Exercise materials below:

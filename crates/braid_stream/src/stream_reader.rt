ghost use Rattle.std.specs.Prelude.{◌≡◌, ℕ, List, []};
ghost use Rattle.braid_change.specs.Updates.{UpdateView};

use crate::next::Next;
use crate::update_reader::UpdateReader;
use braid_io::Source;
use std::alloc::Global;

/// Reads the updates of one stream from a source of its own.
#[derive(Drop)]
pub struct StreamReader<S: Source> {
    source: S,
    reader: UpdateReader,
}

impl<S: Source> StreamReader<S> {
    ghost use Rattle.braid_stream.specs.declared.next.Next.{Next as Answer};
    ghost use Rattle.braid_stream.specs.Readers.{HasTaken, GoesOn, HasEnded, IsReadable, HaveAnswer, Answers};
    ghost use Rattle.braid_stream.specs.Owned.{source_of, reader_of};

    /// A reader of this source that has read nothing. It takes no memory.
    pub fn new(alloc: Global, source: S) -> StreamReader<S>
        ensures source { source_of result ≡ source }
        ensures none { HasTaken [] (reader_of result) [] }
        ensures going { GoesOn (reader_of result) }
    {
        StreamReader {
            source,
            reader: UpdateReader::new(alloc),
        }
    }

    /// The next update of the stream, or why there is none, by all bytes that the reader has taken.
    ///
    /// Where the bytes taken before this call hold one more update, or the fault of the stream, it leaves its source
    /// alone. Else it may read from it, and never past the limit of 1,099,511,627,776 bytes taken in all.
    ///
    /// After `Update` and `ReadFault` a further call goes on. After any other answer it gives that answer for good, and
    /// leaves itself and its source alone.
    pub fn next(&mut self) -> Next
        ensures readable { IsReadable (reader_of self.old) }
        ensures answers { (us : List UpdateView) (bytes : List ℕ) → GoesOn (reader_of self.old)
            → HasTaken us (reader_of self.old) bytes
            → Answers us bytes result (reader_of self.new) (S.intake (source_of self.old))
            (S.intake (source_of self.new)) }
        ensures at_hand { (us : List UpdateView) (bytes : List ℕ) → GoesOn (reader_of self.old)
            → HasTaken us (reader_of self.old) bytes
            → HaveAnswer us bytes → source_of self.new ≡ source_of self.old }
        ensures again { (next : Answer) → HasEnded (reader_of self.old) next → (result ≡ next) × (self.new ≡ self.old) }
        ensures kept { S.beside_reads (source_of self.new) ≡ S.beside_reads (source_of self.old) }
    {
        self.reader.next(&mut self.source)
    }

    /// The source. It takes no memory.
    pub fn source(&self) -> &S
        ensures value { result.now ≡ source_of self.now }
    {
        &self.source
    }

    /// The source, given back. Bytes that were read and not yet fed are lost. It takes no memory.
    pub fn into_source(self) -> S
        ensures value { result ≡ source_of self }
    {
        self.source
    }
}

End of Exercise materials.

* Problem to work on
Locate the lines above that contain "UpdateReader" and copy them.

* Solution
use crate::update_reader::UpdateReader;
    reader: UpdateReader,
            reader: UpdateReader::new(alloc),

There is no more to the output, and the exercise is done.